Consumer Surveys and Observational Research

Posted by Unknown on 11:19 AM with 2 comments

Consumer Surveys involve questioning a sample of consumers about how they would respond to particular changes in the price of the commodity, incomes, the price of related commodities, advertising expenditures, credit incentives, and other determinants of demand. These surveys can be conducted by simply stopping and questioning people at a shopping center or by administering sophisticated questionnaires to a carefully constructed representative sample of consumers by trained interviewers.
In theory, consumer questionnaires can provide a great deal of useful information to the firm. In fact, they are often very biased because consumers are either unable or unwilling to provide accurate answers. For example, do you know how much your monthly beer consumption would change if the price of beer rose by 10 cents per 12-oz can or bottle? If the price of sodas fell by 5 cents? If your income rose by 20 percent? If a beer producer doubled its advertising expenditures? If the alcoholic content of beer were reduced by 1 percentage point? Even if you tried to answer these questions as accurately as possible, your reaction might be entirely different if actually faced with any of the above situations. Sometimes consumers provide a response that they deem more socially acceptable rather than disclose their true preferences. For example, no one would like to admit that he or she drinks 200 beers per month. Depending on the size of the sample and the elaborateness of the analysis, consumer surveys can also be expensive.
Because of the shortcomings of consumer surveys, many firms are supplementing or supplanting consumer surveys with observational research. This refers to the gathering of information on consumer preferences by watching them buying and using products. For example, observational research has led some automakers to conclude that many people think of their cars as art objects that are on display whenever they drive them. Observational research has also shown that consumer prefer to take several cold medicines, not just one. Observational research relies on product scanners which are increasingly found in stores and on people meters in homes. These make it possible for a company to learn overnight how a wide variety of products sell, the effectiveness of commercials, as well as television viewing patterns. Scanners and people meters, however, raise legal questions about privacy.

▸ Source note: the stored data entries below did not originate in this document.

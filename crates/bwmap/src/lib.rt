// The walk over the bandwidth map (clause 8.1.2): the series of ours, which of them are planned, and the plan that the
// laser obeys; and the name of every structure, what became of it.
#![tactic(auto)]

mod names;
mod records;
mod search;

ghost use Rattle.std.specs.Prelude.{◌+◌, ◌*◌, ◌≤◌, ◌<◌, ◌≡◌, length, []};
ghost use Rattle.plan.specs.Limits.{plan_numbers};
ghost use Rattle.series.specs.Series.{entry_count, carried_over_lem};
ghost use Rattle.bwmap.specs.Turns.{finished, to_come, starting, Small};
ghost use Rattle.bwmap.specs.Plan.{MapLeaves};
ghost use Rattle.bwmap.specs.Names.{NamesAre};

use entries::{Own, STRUCTURE_OCTETS};
use series::Around;
use station::limits::UPSTREAM_WORDS;

// What is planned of a map.
#[derive(Clone, Copy)]
pub struct Plan {
    // Records of four numbers at the start of the plan.
    pub records: usize,
    pub bursts: usize,
    // Bursts whose head has PLOAMu: each sends one message.
    pub messages: usize,
    // The word where the last burst ends; where none is planned, the words carried over from the frame before.
    pub end: usize,
    // Words of the next upstream frame that the last burst takes.
    pub carried: u16,
}

// How far a walk has come: the next entry, and what is planned of those before it.
#[derive(Clone, Copy)]
pub struct Walk {
    pub at: usize,
    pub records: usize,
    pub messages: usize,
    pub around: Around,
}

fn carried_over(end: usize) -> u16
    requires { end ≤ 65535 }
    ensures { result ≡ carried_over_lem end }
{
    end.saturating_sub(UPSTREAM_WORDS) as u16
}

// The next series that is planned, written; or none, and then the walk is at its end.
fn turn(map: &[u8], own: Own, w: Walk, plan: &mut [u16]) -> Walk
    requires { (w.at < entry_count map.now) × (plan_numbers ≤ length plan.old) × Small w }
    ensures { Small result × (w.at < result.at) × (result.at ≤ entry_count map.now) × (to_come own map.now plan.new result ≡ to_come own map.now plan.old w) }
{
    let before = w.around;
    match search::next_planned(map, own, w.at, before) {
        Some(ended) => {
            let s = ended.series;
            let at = ended.until - s.entries;
            let more = s.entries - 1;
            let h = records::allocation_at(map, at);
            let place = plan::NUMBERS_A_RECORD * w.records;
            records::write_series(map, at + 1, more, h, plan, place);
            Walk {
                at: ended.until,
                records: w.records + (more + 1),
                messages: w.messages + usize::from(h.ploamu),
                around: Around {
                    end: s.start + s.words,
                    bursts: before.bursts + 1,
                },
            }
        }
        None => Walk {
            at: map.len() / STRUCTURE_OCTETS,
            records: w.records,
            messages: w.messages,
            around: before,
        },
    }
}

// The walk over the whole map. Once the last burst that a frame may have is planned, every series is passed over.
fn walk_map(map: &[u8], own: Own, carried: u16, plan: &mut [u16]) -> Walk
    requires { plan_numbers ≤ length plan.old }
    ensures { Small result × (finished plan.new result [] ≡ to_come own map.now plan.old (starting carried)) }
{
    let mut w = Walk {
        at: 0,
        records: 0,
        messages: 0,
        around: Around {
            end: usize::from(carried),
            bursts: 0,
        },
    };
    let n = map.len() / STRUCTURE_OCTETS;
    while w.at < n {
        // with this test in the loop's condition, which was tried, a foreign entry took 4.8 % more instructions than before, not at most 3 %
        if series::BURSTS_A_FRAME <= w.around.bursts {
            return w;
        }
        w = turn(map, own, w, plan);
    }
    w
}

// The plan of a map: records of four numbers at the start of the lent plan, the rest of which keeps its content. None where the
// plan is too short, and then all of it keeps its content.
pub fn plan_map(map: &[u8], own: Own, carried: u16, plan: &mut [u16]) -> Option<Plan>
    ensures { MapLeaves own map.now carried plan.old result plan.new }
{
    if plan.len() < plan::PLAN_NUMBERS {
        return None;
    }
    if own.activation.is_silent() {
        let end = usize::from(carried);
        return Some(Plan {
            records: 0,
            bursts: 0,
            messages: 0,
            end,
            carried: carried_over(end),
        });
    }
    let w = walk_map(map, own, carried, plan);
    Some(Plan {
        records: w.records,
        bursts: w.around.bursts,
        messages: w.messages,
        end: w.around.end,
        carried: carried_over(w.around.end),
    })
}

// The name of every structure of a map, at the start of the lent list, the rest of which keeps its content: how many have one. None
// where the list is too short, and then all of it keeps its content.
pub fn name_map(map: &[u8], own: Own, carried: u16, names: &mut [u8]) -> Option<usize>
    ensures { NamesAre own map.now carried names.old result names.new }
{
    let n = map.len() / STRUCTURE_OCTETS;
    if names.len() < n {
        return None;
    }
    if own.activation.is_silent() {
        names::fill(names, 0, n, entries::SILENT);
        return Some(n);
    }
    names::name_entries(map, own, carried, names);
    Some(n)
}
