// The records of a plan.
ghost use Rattle.std.specs.Prelude.{◌+◌, ◌*◌, ◌≤◌, ◌<◌, ◌≡◌, length};
ghost use Rattle.std.proofs.lemmas.List.Edits.{sets};
ghost use Rattle.series.specs.Series.{entry_count};
ghost use Rattle.bwmap.specs.Turns.{no_allocation_lem, allocation_at_lem, allocations_from};
ghost use Rattle.plan.specs.Limits.{numbers_a_record};
ghost use Rattle.plan.specs.Plan.{more_numbers, series_numbers};

use entries::STRUCTURE_OCTETS;
use ids::AllocId;
use xgtc::allocation::Allocation;

fn no_allocation() -> Allocation
    ensures { result ≡ no_allocation_lem }
{
    Allocation {
        alloc: AllocId(0),
        dbru: false,
        ploamu: false,
        start: 0,
        grant: 0,
        fwi: false,
        profile: 0,
    }
}

// The fields of the i-th entry; zeros stand for one that could not be read, and none such is planned.
pub(crate) fn allocation_at(map: &[u8], i: usize) -> Allocation
    requires { i < entry_count map.now }
    ensures { result ≡ allocation_at_lem map.now i }
{
    let at = STRUCTURE_OCTETS * i;
    match entries::reading::read_entry(&map[at..]) {
        Ok(a) => a,
        Err(_) => no_allocation(),
    }
}

// The records of `count` entries from `from` on, which continue the burst of the head h.
fn write_more(map: &[u8], from: usize, count: usize, h: Allocation, plan: &mut [u16], at: usize)
    requires { (from + count ≤ entry_count map.now) × (at + numbers_a_record * count ≤ length plan.old) }
    ensures { plan.new ≡ sets plan.old at (more_numbers h (allocations_from map.now from count)) }
{
    for k in 0..count {
        let a = allocation_at(map, from + k);
        plan::write_record(
            plan,
            at + plan::NUMBERS_A_RECORD * k,
            a,
            plan::more_flags(h, a),
            h.start,
        );
    }
}

// The records of a whole burst: its head h, and the `count` entries from `from` on that continue it. The head's record goes to a part
// of its own: there the compiler sees that it has room, and the loop over the map keeps its registers.
pub(crate) fn write_series(
    map: &[u8],
    from: usize,
    count: usize,
    h: Allocation,
    plan: &mut [u16],
    at: usize,
)
    requires { (from + count ≤ entry_count map.now) × (at + numbers_a_record + numbers_a_record * count ≤ length plan.old) }
    ensures { plan.new ≡ sets plan.old at (series_numbers (record { head = h; more = allocations_from map.now from count })) }
{
    let end = at + plan::NUMBERS_A_RECORD;
    plan::write_record(&mut plan[at..end], 0, h, plan::head_flags(h), h.start);
    write_more(map, from, count, h, plan, end);
}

Observational research does not, however, render consumer surveys useless. Sometimes consumer surveys are the only way to obtain information about possible consumers’ responses. For example, If a firm is thinking of introducing a new product or changing the quality of an existing one, the only way that the firm can test consumer’s reactions is to directly ask them since no other data are available. From the survey, the researcher then typically tries to determine the demographic characteristics (age, sex, education, income, family size) of consumers who are most likely to purchase the product. The same may be true in detecting changes in consumer tastes and preferences and in determining consumers’ expectations about future prices and business conditions. Consumer surveys can also be useful in detecting consumers’ awareness of an advertising campaign by the firm. Furthermore, if the survey shows that consumers are unaware of price differences between the firm’s product and competitive products, this may be a good indication that the demand for the firm’s product is price inelastic.